Tuesday, January 27, 2015
"No one goes there anymore; it's too crowded"
What does Times Square fear? Maybe it's ferocious success. According to today's NY Times, Times Square is so choked with visitors that regular people -- like office workers and New Yorkers who like the theater -- don't want to go there any more. The situation brought to mind the famous Yogi Berra quote, "No one goes there anymore; it's too crowded." David Chapin, Hirofumi Minami and I strolled Broadway a couple of years ago, and we spent an hour at Times Square. It was pretty empty of people, so we got to study the billboards, and the crowd amusements. There are other spaces like that, I've found. The Ramblas, in Barcelona, can get so packed with people it's hard to move. Even the small street where I lived one summer in Paris -- St. Andre des Arts -- could get so full of folks going back and forth that it was hard to move. St. Andre des Arts has been packed with people for as long as Paris has been a city -- it was the route from the center to a market that was just outside the walls. That market was tax-free which attracted shoppers. There is still a market in the same area, now swallowed up by the city. The history of the enceinte, obscured by time, lives in the ways people use the street.

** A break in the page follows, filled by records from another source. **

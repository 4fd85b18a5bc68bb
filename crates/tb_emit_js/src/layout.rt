//! JavaScript is written in one walk over the file: what is only a type is passed over, and no erased tree is made.

ghost use Rattle.std.specs.Prelude.{◌≡◌, IfOk};
ghost use Rattle.tb_layout.specs.Erase.{erase};
ghost use Rattle.tb_layout.specs.Js.{js_text};
ghost use Rattle.tb_emit_js.specs.Items.{module_end};

use crate::items::{stays_in_module, write_item};
use crate::texts::put;
use std::alloc::Global;
use tb_text::{NoMemory, Text};
use tb_tree::File;

/// The JavaScript of a file: its items without their types. Where no import and no export is left, `export {};` stands
/// last, so that the file stays a module.
pub fn js(alloc: Global, file: &File) -> Result<Text, NoMemory>
    ensures { IfOk result (λ t. t ≡ js_text (erase file.now)) }
{
    let mut out = String::new(alloc);
    let mut is_module = false;
    for item in file.items.as_slice() {
        write_item(&mut out, item)?;
        is_module = is_module || stays_in_module(item);
    }
    put(&mut out, end_text(is_module))?;
    Ok(Text::from_vec(out.into_bytes()))
}

/// What is added where no import and no export is left.
fn end_text(is_module: bool) -> &'static str
    ensures { result.now ≡ module_end is_module }
{
    if is_module { "" } else { "export {};\n" }
}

Times Square has a different history and a different dynamic, but appeals to the same instinct to be with the crowd. Except for the paradox that we don't always want to be with the crowd. Nobody really wants to go to work through the crowd. We want the crowd for special occasions, like New Year's Eve, but not every day. So the crowd is not the people who live or work in the area -- it's the tourists.
My friend and colleague, David Jenkins, lived near Times Square as it was making the transition from red light district to Disney. He was exhausted by the growing crowds, and eventually moved away to Philadelphia. Apparently others are making moves out of the area as well. When the good folk who support the everyday move away, the character will begin to change again, the hustlers growing in number and power, attracted to the crowds and the dreams of crowds. Times Square, then, might change again, its spaces claimed for new uses and new celebrations.
Cities swing between this crazy abandonment to the needs of the crowd and the more quotidian respect for the lives of the inhabitants. Cities need both -- but they can easily let one or the other slip away, creating imbalance and danger.